Routines for exchanging data to/from BOUT++

boutdata.attributes(varname, path='.', prefix='BOUT.dmp')

Return a dictionary of variable attributes in an output file

  • varname (str) – Name of the variable
  • path (str, optional) – Path to data files (default: “.”)
  • prefix (str, optional) – File prefix (default: “BOUT.dmp”)

A dictionary of attributes of varname

Return type:


boutdata.collect(varname, xind=None, yind=None, zind=None, tind=None, path='.', yguards=False, xguards=True, info=True, prefix='BOUT.dmp', strict=False, tind_auto=False, datafile_cache=None)

Collect a variable from a set of BOUT++ outputs.

  • varname (str) – Name of the variable
  • xind, yind, zind, tind (int, slice or list of int, optional) – Range of X, Y, Z or time indices to collect. Either a single index to collect, a list containing [start, end] (inclusive end), or a slice object (usual python indexing). Default is to fetch all indices
  • path (str, optional) – Path to data files (default: “.”)
  • prefix (str, optional) – File prefix (default: “BOUT.dmp”)
  • yguards (bool, optional) – Collect Y boundary guard cells? (default: False)
  • xguards (bool, optional) – Collect X boundary guard cells? (default: True) (Set to True to be consistent with the definition of nx)
  • info (bool, optional) – Print information about collect? (default: True)
  • strict (bool, optional) – Fail if the exact variable name is not found? (default: False)
  • tind_auto (bool, optional) – Read all files, to get the shortest length of time_indices. Useful if writing got interrupted (default: False)
  • datafile_cache (datafile_cache_tuple, optional) – Optional cache of open DataFile instances: namedtuple as returned by create_cache. Used by BoutOutputs to pass in a cache so that we do not have to re-open the dump files to read another variable (default: None)


>>> collect(name)


bout_runners contains classes which gives an alternative way of running BOUT++ simulations either normally using the class basic_runner , or on a cluster through a generated Portable Batch System (PBS) script using the child class PBS_runner . Examples can be found in examples/bout_runners_example/.

bout_runners is especially useful if one needs to make several runs with only small changes in the options (which is normally written in BOUT.inp or in the command-line), as is the case when performing a parameter scan, or when performing a MMS test.

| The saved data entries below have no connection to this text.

//! Connectors by name, with the ways of their parameters.
ghost use Rattle.std.specs.Prelude.{◌≡◌, [], ◌∷◌, ◌++◌, IfOk, OnOk, List, map};
ghost use Rattle.reo_trees.specs.declared.programs.Parameter.{Parameter as AParameter};
ghost use Rattle.reo_trees.specs.declared.programs.Connector.{Connector as AConnector};
ghost use Rattle.reo_rules.specs.Scopes.{parameters_named};

use reo_rules::Names;
use reo_trees::{Connector, Parameter};
use reo_values::{List, NoMemory};
use std::alloc::Global;

/// The connectors that were declared so far: the name of each, and for each of its parameters
/// whether it is an `in`.
#[derive(Drop)]
pub(crate) struct Connectors {
    names: Names,
    ways: List<List<bool>>,
}

impl Connectors {
    ghost use Rattle.reo_rules_names.specs.Connectors.{AreConnectors};

    /// No connectors.
    pub(crate) fn new(alloc: Global) -> Self
        ensures { AreConnectors [] result }
    {
        Connectors {
            names: Names::new(alloc),
            ways: List::new(alloc),
        }
    }

    /// For each parameter of the first connector of this name whether it is an `in`; no ways
    /// where there is no such connector.
    pub(crate) fn ways(&self, name: &[u8]) -> &[bool]
        ensures { (known : List AConnector) → AreConnectors known self.now
            → result.now ≡ map (λ (p : AParameter). p.inward) (parameters_named known name.now) }
    {
        match self.names.find(name) {
            Some(number) => match self.ways.get(number) {
                Some(ways) => ways.as_slice(),
                None => &[],
            },
            None => &[],
        }
    }

    /// One more connector. `NoMemory` is out of memory.
    pub(crate) fn add(&mut self, alloc: Global, connector: &Connector) -> Result<(), NoMemory>
        ensures { OnOk result ((known : List AConnector) → AreConnectors known self.old
            → AreConnectors (known ++ connector.now ∷ []) self.new) }
    {
        if self.names.note(alloc, connector.name.as_slice())? {
            return Ok(());
        }
        let ways = ways_of(alloc, connector.parameters.as_slice())?;
        self.ways.push(ways)
    }
}

/// For each parameter whether it is an `in`. `NoMemory` is out of memory.
fn ways_of(alloc: Global, parameters: &[Parameter]) -> Result<List<bool>, NoMemory>
    ensures { IfOk result (λ ways. ways ≡ map (λ (p : AParameter). p.inward) parameters.now) }
{
    let mut ways = List::new(alloc);
    for parameter in parameters {
        ways.push(parameter.inward)?;
    }
    Ok(ways)
}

Instead of making several runs with several different input files with only small changes in the option, one can with bout_runners specify the changes as member data of an instance of the appropriate bout_runners class. One way to do this is to write a driver in the same directory as the executable. The driver is just a python script which imports bout_runners , creates an instance, specifies the running option as member data of that instance and finally calls the member function self.execute_runs() .

In addition, the bout_runners provides a way to run any python post-processing script after finished simulations (as long as it accept at least one parameter containing the folder name(s) of the run(s)). If the simulations have been performed using the PBS_runner , the post-processing function will be submitted to the cluster (although it is possible to submit it to a different queue, using a different amount of nodes etc.).

When the function self.execute_runs() is executed, a folder structure like the one presented in Fig. 23 is created. BOUT.inp is copied to the folder of execution, where the BOUT.*.dmp files are stored. Secondly a list of combination of the options specified in the driver is made. Eventually unset options are obtained from BOUT.inp or given a default value if the option is nowhere to be found.

Longest possible folder tree

Fig. 23 Longest possible folder tree made by the self.execute_runs() function.